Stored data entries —
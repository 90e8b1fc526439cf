ghost use Rattle.std.specs.Prelude.{◌≡◌, ◌∷◌, ◌++◌, IfOk};
ghost use Rattle.std.specs.Option.{option_map};
ghost use Rattle.xs_fields.specs.Conditions.{all_meet, answer, first_missed, judged, IsOrMemory};
ghost use Rattle.xs_fields.specs.Integers.{is_small};
ghost use Rattle.xs_fields.specs.Sizes.{front_meets, inner_of, size_list, size_meets, size_of, sizes_meet, sizes_of};
ghost use Rattle.xs_fields.specs.Words.{is_byte, parts_behind};

use crate::condition::{Condition, earlier};
use crate::integer::read_integer;
use crate::words::cut;
use std::alloc::Global;
use xf_num::{Ints, NoMemory, Row};
use xf_text::FieldStop;

/// The bytes before the `]` that ends the part.
pub fn inner(part: &[u8]) -> Option<&[u8]>
    ensures { option_map (λ x. x.now) result ≡ inner_of part.now }
{
    if part.ends_with(b"]") {
        Some(&part[..part.len() - 1])
    } else {
        None
    }
}

/// The size that a part behind a `[` spells, or the first of `Spelling` and `Magnitude` that it misses.
fn read_size(part: &[u8]) -> Result<i128, Condition>
    ensures { result ≡ judged is_small (size_of part.now) }
{
    match inner(part) {
        Some(text) => read_integer(text),
        None => Err(Condition::Spelling),
    }
}

fn judge_size(part: &[u8]) -> Option<Condition>
    ensures { result ≡ first_missed (size_meets part.now) }
{
    read_size(part).err()
}

/// What the parts behind `[` miss first.
fn judge_parts(behind: Option<&[u8]>) -> Option<Condition>
    ensures { result ≡ first_missed (all_meet size_meets (parts_behind (is_byte 91) (option_map (λ x. x.now) behind.entry))) }
{
    let mut missed = None;
    let mut rest = behind;
    while let Some(bytes) = rest {
        let (part, more) = cut(bytes, b'[');
        missed = earlier(missed, judge_size(part));
        rest = more;
    }
    missed
}

/// Misses `Spelling` where there is no bracket, or something before the first.
fn judge_front(front: &[u8], behind: Option<&[u8]>) -> Option<Condition>
    ensures { result ≡ first_missed (front_meets (front.now ∷ parts_behind (is_byte 91) (option_map (λ x. x.now) behind.entry))) }
{
    match behind {
        Some(_) => {
            if front.is_empty() {
                None
            } else {
                Some(Condition::Spelling)
            }
        }
        None => Some(Condition::Spelling),
    }
}

/// The first of `Spelling` and `Magnitude` that sizes miss.
pub fn judge_sizes(text: &[u8]) -> Option<Condition>
    ensures { result ≡ first_missed (sizes_meet text.now) }
{
    let (front, behind) = cut(text, b'[');
    earlier(judge_front(front, behind), judge_parts(behind))
}

/// Appends what a part spells, or changes nothing.
fn push_size(sizes: &mut Ints, part: &[u8]) -> Result<(), NoMemory>
    ensures { IfOk result (λ _. sizes.new ≡ sizes.old ++ size_list part.now) }
{
    match read_size(part) {
        Ok(size) => sizes.push(size),
        Err(_) => Ok(()),
    }
}

/// The sizes that a text denotes.
fn expand_sizes(alloc: Global, text: &[u8]) -> Result<Ints, NoMemory>
    ensures { IfOk result (λ sizes. sizes ≡ sizes_of text.now) }
{
    let mut sizes = Row::new(alloc);
    let (_, mut rest) = cut(text, b'[');
    while let Some(bytes) = rest {
        let (part, more) = cut(bytes, b'[');
        push_size(&mut sizes, part)?;
        rest = more;
    }
    Ok(sizes)
}

/// The sizes that a text `[n][m]..` denotes, at least one.
///
/// A misspelt text is F4, a magnitude above 2^126 - 1 is F10: the first of these over the whole text.
pub fn read_sizes(alloc: Global, text: &[u8]) -> Result<Ints, FieldStop>
    ensures { IsOrMemory result (answer (sizes_meet text.now) (sizes_of text.now)) }
{
    match judge_sizes(text) {
        Some(missed) => Err(FieldStop::Refused(missed.kind())),
        None => Ok(expand_sizes(alloc, text)?),
    }
}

TASK REQUIREMENTS —
Show every line above in which the word "None" occurs.

TASK ANSWER —
        None
        None => Err(Condition::Spelling),
    let mut missed = None;
                None
        None => Some(Condition::Spelling),
        None => Ok(expand_sizes(alloc, text)?),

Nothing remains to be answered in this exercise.